* [What needs to be done]: Extract the full set of records, then give each one again exactly.
Top of Supplied material
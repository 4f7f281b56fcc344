//! Nodes taken apart.
ghost use Rattle.std.specs.Prelude.{◌≡◌};
ghost use Rattle.radix_nodes.specs.Nodes.{out_of};

use crate::trie_node::{KeyValue, TrieNode};
use radix_keys::Nibblet;

/// What a node is made of.
#[derive(Drop)]
pub struct Parts<K, V> {
    pub fragment: Nibblet,
    pub pair: Option<Box<KeyValue<K, V>>>,
    pub mask: u16,
    pub children: Vec<Box<TrieNode<K, V>>>,
}

impl<K, V> TrieNode<K, V> {
    /// The node's fields.
    pub fn into_parts(self) -> Parts<K, V>
        ensures fragment { result.fragment ≡ (out_of self).fragment }
        ensures pair { result.pair ≡ (out_of self).pair }
        ensures mask { result.mask ≡ (out_of self).mask }
        ensures children { result.children ≡ (out_of self).children }
    {
        let TrieNode {
            fragment,
            pair,
            mask,
            children,
        } = self;
        Parts {
            fragment,
            pair,
            mask,
            children,
        }
    }
}
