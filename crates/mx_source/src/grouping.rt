//! The labels of each place of a section.
ghost use Rattle.std.specs.Prelude.{◌≡◌, ◌++◌, ◌∷◌, [], length, OnOk, IfOk};
ghost use Rattle.mx_source.specs.Names.{name_bytes, named_labels};
ghost use Rattle.mx_source.specs.Printed.{Labels};
ghost use Rattle.mx_source.specs.Groups.{AreGroups};

use crate::group::{Group, Section};
use crate::{Label, Name};
use indexmap::IndexMap;
use std::alloc::{AllocError, Global};

/// The groups of so many places of a section.
pub(crate) fn groups(
    alloc: Global,
    section: Section,
    count: usize,
    labels: &IndexMap<Name, Label>,
) -> Result<Vec<Group>, AllocError>
    ensures len { IfOk result (λ v. length v.items ≡ count) }
    ensures groups { IfOk result (λ v. AreGroups section (named_labels labels.now.entries) v.items) }
{
    let mut groups = no_labels(alloc, section, count)?;
    for i in 0..labels.len() {
        let Some((name, label)) = labels.get_index(i) else {
            unreachable!();
        };
        add_label(&mut groups, section, name, label)?;
    }
    Ok(groups)
}

/// So many groups without labels.
fn no_labels(alloc: Global, section: Section, count: usize) -> Result<Vec<Group>, AllocError>
    ensures len { IfOk result (λ v. length v.items ≡ count) }
    ensures groups { IfOk result (λ v. AreGroups section [] v.items) }
{
    let mut groups = Vec::with_capacity(alloc, count)?;
    for _ in 0..count {
        groups.push(Group::new(alloc))?;
    }
    Ok(groups)
}

/// Adds a label to the group of its place.
fn add_label(
    groups: &mut Vec<Group>,
    section: Section,
    name: &Name,
    label: &Label,
) -> Result<(), AllocError>
    ensures len { length groups.new.items ≡ length groups.old.items }
    ensures groups { OnOk result ((labels : Labels) → AreGroups section labels groups.old.items →
        AreGroups section (labels ++ (name_bytes name.now, label.now) ∷ []) groups.new.items) }
{
    if let Some(k) = section.place(label) {
        if k < groups.len() {
            groups[k].add(name.bytes())?;
        }
    }
    Ok(())
}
Bottom of Supplied material
* [Problem solution]:
repository 4f7f281b56fcc344
//! Nodes taken apart.
ghost use Rattle.std.specs.Prelude.{◌≡◌};
ghost use Rattle.radix_nodes.specs.Nodes.{out_of};

use crate::trie_node::{KeyValue, TrieNode};
use radix_keys::Nibblet;

/// What a node is made of.
#[derive(Drop)]
pub struct Parts<K, V> {
    pub fragment: Nibblet,
    pub pair: Option<Box<KeyValue<K, V>>>,
    pub mask: u16,
    pub children: Vec<Box<TrieNode<K, V>>>,
}

impl<K, V> TrieNode<K, V> {
    /// The node's fields.
    pub fn into_parts(self) -> Parts<K, V>
        ensures fragment { result.fragment ≡ (out_of self).fragment }
        ensures pair { result.pair ≡ (out_of self).pair }
        ensures mask { result.mask ≡ (out_of self).mask }
        ensures children { result.children ≡ (out_of self).children }
    {
        let TrieNode {
            fragment,
            pair,
            mask,
            children,
        } = self;
        Parts {
            fragment,
            pair,
            mask,
            children,
        }
    }
}
filename crates/mx_source/src/grouping.rt
//! The labels of each place of a section.
ghost use Rattle.std.specs.Prelude.{◌≡◌, ◌++◌, ◌∷◌, [], length, OnOk, IfOk};
ghost use Rattle.mx_source.specs.Names.{name_bytes, named_labels};
ghost use Rattle.mx_source.specs.Printed.{Labels};
ghost use Rattle.mx_source.specs.Groups.{AreGroups};

use crate::group::{Group, Section};
use crate::{Label, Name};
use indexmap::IndexMap;
use std::alloc::{AllocError, Global};

/// The groups of so many places of a section.
pub(crate) fn groups(
    alloc: Global,
    section: Section,
    count: usize,
    labels: &IndexMap<Name, Label>,
) -> Result<Vec<Group>, AllocError>
    ensures len { IfOk result (λ v. length v.items ≡ count) }
    ensures groups { IfOk result (λ v. AreGroups section (named_labels labels.now.entries) v.items) }
{
    let mut groups = no_labels(alloc, section, count)?;
    for i in 0..labels.len() {
        let Some((name, label)) = labels.get_index(i) else {
            unreachable!();
        };
        add_label(&mut groups, section, name, label)?;
    }
    Ok(groups)
}

/// So many groups without labels.
fn no_labels(alloc: Global, section: Section, count: usize) -> Result<Vec<Group>, AllocError>
    ensures len { IfOk result (λ v. length v.items ≡ count) }
    ensures groups { IfOk result (λ v. AreGroups section [] v.items) }
{
    let mut groups = Vec::with_capacity(alloc, count)?;
    for _ in 0..count {
        groups.push(Group::new(alloc))?;
    }
    Ok(groups)
}

/// Adds a label to the group of its place.
fn add_label(
    groups: &mut Vec<Group>,
    section: Section,
    name: &Name,
    label: &Label,
) -> Result<(), AllocError>
    ensures len { length groups.new.items ≡ length groups.old.items }
    ensures groups { OnOk result ((labels : Labels) → AreGroups section labels groups.old.items →
        AreGroups section (labels ++ (name_bytes name.now, label.now) ∷ []) groups.new.items) }
{
    if let Some(k) = section.place(label) {
        if k < groups.len() {
            groups[k].add(name.bytes())?;
        }
    }
    Ok(())
}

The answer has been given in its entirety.